- Opening Delimiter -

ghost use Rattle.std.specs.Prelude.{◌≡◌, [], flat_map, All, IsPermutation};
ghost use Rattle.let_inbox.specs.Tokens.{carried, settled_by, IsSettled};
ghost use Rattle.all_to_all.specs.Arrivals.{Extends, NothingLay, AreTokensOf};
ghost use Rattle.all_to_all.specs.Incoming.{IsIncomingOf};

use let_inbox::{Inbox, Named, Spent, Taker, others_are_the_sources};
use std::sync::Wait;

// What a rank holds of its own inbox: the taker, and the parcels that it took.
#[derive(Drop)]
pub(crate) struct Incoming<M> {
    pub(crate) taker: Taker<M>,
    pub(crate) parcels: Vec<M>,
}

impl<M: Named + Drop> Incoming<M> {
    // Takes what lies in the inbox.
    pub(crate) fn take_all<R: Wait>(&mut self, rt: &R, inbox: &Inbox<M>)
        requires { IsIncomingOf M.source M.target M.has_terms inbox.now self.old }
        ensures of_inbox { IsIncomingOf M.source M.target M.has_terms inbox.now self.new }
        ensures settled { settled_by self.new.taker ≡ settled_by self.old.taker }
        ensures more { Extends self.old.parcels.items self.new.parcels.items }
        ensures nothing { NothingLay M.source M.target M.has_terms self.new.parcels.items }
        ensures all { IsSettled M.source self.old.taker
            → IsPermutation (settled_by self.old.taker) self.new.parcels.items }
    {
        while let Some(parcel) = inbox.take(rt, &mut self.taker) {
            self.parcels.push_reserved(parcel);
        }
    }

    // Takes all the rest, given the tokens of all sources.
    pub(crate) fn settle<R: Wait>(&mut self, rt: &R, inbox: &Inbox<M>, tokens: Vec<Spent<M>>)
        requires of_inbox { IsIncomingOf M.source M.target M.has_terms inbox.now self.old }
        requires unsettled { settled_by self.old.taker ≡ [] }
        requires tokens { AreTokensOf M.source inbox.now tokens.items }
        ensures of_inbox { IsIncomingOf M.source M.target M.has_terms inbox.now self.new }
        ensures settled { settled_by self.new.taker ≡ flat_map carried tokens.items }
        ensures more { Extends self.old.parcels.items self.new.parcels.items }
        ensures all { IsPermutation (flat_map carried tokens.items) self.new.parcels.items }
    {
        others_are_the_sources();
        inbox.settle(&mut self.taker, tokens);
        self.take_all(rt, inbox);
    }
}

- Closing Delimiter -

> Exercise goal
Return the material exactly as it stands.

> Finished exercise
ghost use Rattle.std.specs.Prelude.{◌≡◌, [], flat_map, All, IsPermutation};
ghost use Rattle.let_inbox.specs.Tokens.{carried, settled_by, IsSettled};
ghost use Rattle.all_to_all.specs.Arrivals.{Extends, NothingLay, AreTokensOf};
ghost use Rattle.all_to_all.specs.Incoming.{IsIncomingOf};

use let_inbox::{Inbox, Named, Spent, Taker, others_are_the_sources};
use std::sync::Wait;

// What a rank holds of its own inbox: the taker, and the parcels that it took.
#[derive(Drop)]
pub(crate) struct Incoming<M> {
    pub(crate) taker: Taker<M>,
    pub(crate) parcels: Vec<M>,
}

impl<M: Named + Drop> Incoming<M> {
    // Takes what lies in the inbox.
    pub(crate) fn take_all<R: Wait>(&mut self, rt: &R, inbox: &Inbox<M>)
        requires { IsIncomingOf M.source M.target M.has_terms inbox.now self.old }
        ensures of_inbox { IsIncomingOf M.source M.target M.has_terms inbox.now self.new }
        ensures settled { settled_by self.new.taker ≡ settled_by self.old.taker }
        ensures more { Extends self.old.parcels.items self.new.parcels.items }
        ensures nothing { NothingLay M.source M.target M.has_terms self.new.parcels.items }
        ensures all { IsSettled M.source self.old.taker
            → IsPermutation (settled_by self.old.taker) self.new.parcels.items }
    {
        while let Some(parcel) = inbox.take(rt, &mut self.taker) {
            self.parcels.push_reserved(parcel);
        }
    }

    // Takes all the rest, given the tokens of all sources.
    pub(crate) fn settle<R: Wait>(&mut self, rt: &R, inbox: &Inbox<M>, tokens: Vec<Spent<M>>)
        requires of_inbox { IsIncomingOf M.source M.target M.has_terms inbox.now self.old }
        requires unsettled { settled_by self.old.taker ≡ [] }
        requires tokens { AreTokensOf M.source inbox.now tokens.items }
        ensures of_inbox { IsIncomingOf M.source M.target M.has_terms inbox.now self.new }
        ensures settled { settled_by self.new.taker ≡ flat_map carried tokens.items }
        ensures more { Extends self.old.parcels.items self.new.parcels.items }
        ensures all { IsPermutation (flat_map carried tokens.items) self.new.parcels.items }
    {
        others_are_the_sources();
        inbox.settle(&mut self.taker, tokens);
        self.take_all(rt, inbox);
    }
}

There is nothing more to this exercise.